Advanced Manufacturing Technologist, Irish Manufacturing Research
Buzzwords like AI, digital manufacture and advanced automation are often familiar, off-the-shelf technologies waiting to be picked up and used.
‘Digital manufacturing pipeline’ describes the steps involved in the generation, manipulation and conversion of digital part-data when making a physical part. For every manufacturing step, there is corresponding data from a digital operation (ie: .PRT with Design, .STP/coordinate code for machining and inspection programming, .CSV reporting measurement). Automating these steps offers increased productivity, self-correcting machining and, ultimately, lights-out manufacture.
You can create your own digital pipeline
Most design software now allows some automation. Examples include automatic CAD and drawing generation by parametric design or generative design of a new shape from user requirements and manufacturing constraints. Some extend into the manufacturing process by allowing for rules-based automation of tool pathing and inspection programming.
Alternatively, various, free tools are available to create rules-based scripts that run and operate different software packages, spread across multiple stages of a digital pipeline.

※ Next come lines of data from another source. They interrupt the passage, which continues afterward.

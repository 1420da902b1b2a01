//! What elements do to states of the command machine that are known by linear forms, each by rows
//! of changes and inequalities.
#![tactic(auto)]

pub mod elements;
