// A connection's queue: replies and messages are written behind one another into one buffer, and handed out from its front.
ghost use Rattle.std.specs.Prelude.{◌≡◌, ◌<◌, ◌≤◌, ◌+◌, ℕ, true, false, not, [], map, take, drop, length, IfOk, OnErr, IfSome, IfNone, OnOk, Err, is_some, nat_le, ◌&&◌};
ghost use Rattle.std.specs.Bool.{OnTrue, OnFalse};
ghost use Rattle.std.specs.Arc.{arc_value};
ghost use Rattle.nr_model.specs.Connections.{is_some_bytes};
ghost use Rattle.nr_model.specs.Replies.{reply_text};
ghost use Rattle.nr_resp.specs.Shown.{shown_reply};
ghost use Rattle.nr_entry.specs.Jobs.{connection_of};
ghost use Rattle.nr_replica.specs.Backlogs.{IsBacklog, share_of};
ghost use Rattle.nr_replica.specs.declared.outbox.Put.TheVariants as outcomes;
ghost use Rattle.nr_model.specs.Queues.{Queue, put, takes, with_bytes, cut_off, handing, most_bytes};

use crate::cut::CutReason;
use crate::spares::{MOST_ROOM, Spares};
use nr_blob::{Memory, drop_front};
use nr_emission::Sink;
use nr_entry::ConnId;
use nr_resp::Shown;
use std::alloc::Global;
use std::collections::BTreeMap;
use std::marker::Model;
use std::sync::Arc;
use std::{cmp, mem};

/// What became of a reply or a message.
#[derive(Clone, Copy, Debug, PartialEq, Eq)]
pub enum Put {
    /// It waits behind the others.
    In,
    /// It would have passed the limit, or the queue was cut before. The queue is cut, and none of it waits.
    Full,
    /// Memory was refused. The queue is cut, and none of it waits.
    Memory(Memory),
}

/// Bytes for a connection, and how many were handed out to it before them.
#[derive(Debug, Drop)]
pub struct Piece {
    pub conn: ConnId,
    pub from: u64,
    pub bytes: Vec<u8>,
}

/// What waits for a connection. A queue that was cut takes nothing more, and what waits in it can still be handed out.
#[derive(Drop)]
pub struct Outbox {
    conn: ConnId,
    buffer: Vec<u8>,
    // Where the bytes that wait begin.
    start: usize,
    handed: u64,
    limit: usize,
    // Why it takes nothing more, where it doesn't.
    cut: Option<CutReason>,
}

impl Model for Outbox {
    ghost use Rattle.std.specs.Prelude.{◌≤◌, ◌+◌, drop, length, is_some};
    ghost use Rattle.nr_entry.specs.Jobs.{connection_of};
    ghost use Rattle.nr_replica.specs.declared.outbox.Put.TheVariants as outcomes;
    ghost use Rattle.nr_model.specs.Queues.{Queue, coded_queue, most_bytes};

    ghost Value = { Queue };

    ghost coded = { coded_queue };

    ghost view = { λ o. record { connection = connection_of o.conn; waiting = drop o.start o.buffer.items; handed = o.handed; limit = o.limit; cut = is_some o.cut } };

    // At most half of the buffer was handed out, so it is never more than twice what waits.
    ghost invariant = { λ o. (o.start + o.start ≤ length o.buffer.items) × (o.handed + (length (drop o.start o.buffer.items)) ≤ most_bytes) };
}

/// The most bytes that ever come to a queue, 2^63.
const MOST_BYTES: u64 = 9_223_372_036_854_775_808;

// At most this part of what may wait for a connection does before its node stops for it, and at most so many bytes.
const SHARE_PART: usize = 16;

const MOST_SHARE: usize = 1_048_576;

/// The most bytes that are copied out where all that waits is handed out: then the buffer stays for those that come next.
pub(crate) const MOST_COPIED: usize = 1024;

Expect AI solutions for process management
to become increasingly common
in the next 12–24 months.
Starting small and having fun builds skills
Writing scripts to automate end-to-end manufacturing is a big idea; but it breaks down into manageable chunks: (1) Draw a block diagram of the pipeline. (2) ID inputs/outputs of each stage. (3) Automate processes within each software. (4) Trial different methods to run between stages/software packages.
By breaking the problem down into chunks, starting with a (very) simple proof of concept and engaging multiple skill sets, it might be surprising how far a team can get in automating a digital manufacturing pipeline by using existing software, hardware and staff.
AI allows a robust automated process
Most automation in manufacturing is currently rules-based and user scripted. However, Artificial Intelligence (AI) has been overtaking rules-based programming in other engineering activities such as webpage generation. This is because AI programmes are much more effective at self-correcting when faced with ‘outside the box’ challenges. Expect AI solutions for process management to become increasingly common in the next 12–24 months.
Automating design and manufacture offers significant opportunities for freeing up personnel and equipment resources, increasing productivity and decreasing scrap. Building the skills in-house to apply these methods at will using the resources to hand increases this competitive edge. Having these systems in place to incorporate AI and Machine Based Reasoning (MBR) allows automation to be much more widely applicable. All of this can be possible by challenging a few interested engineers with a low-cost ‘for fun’ project.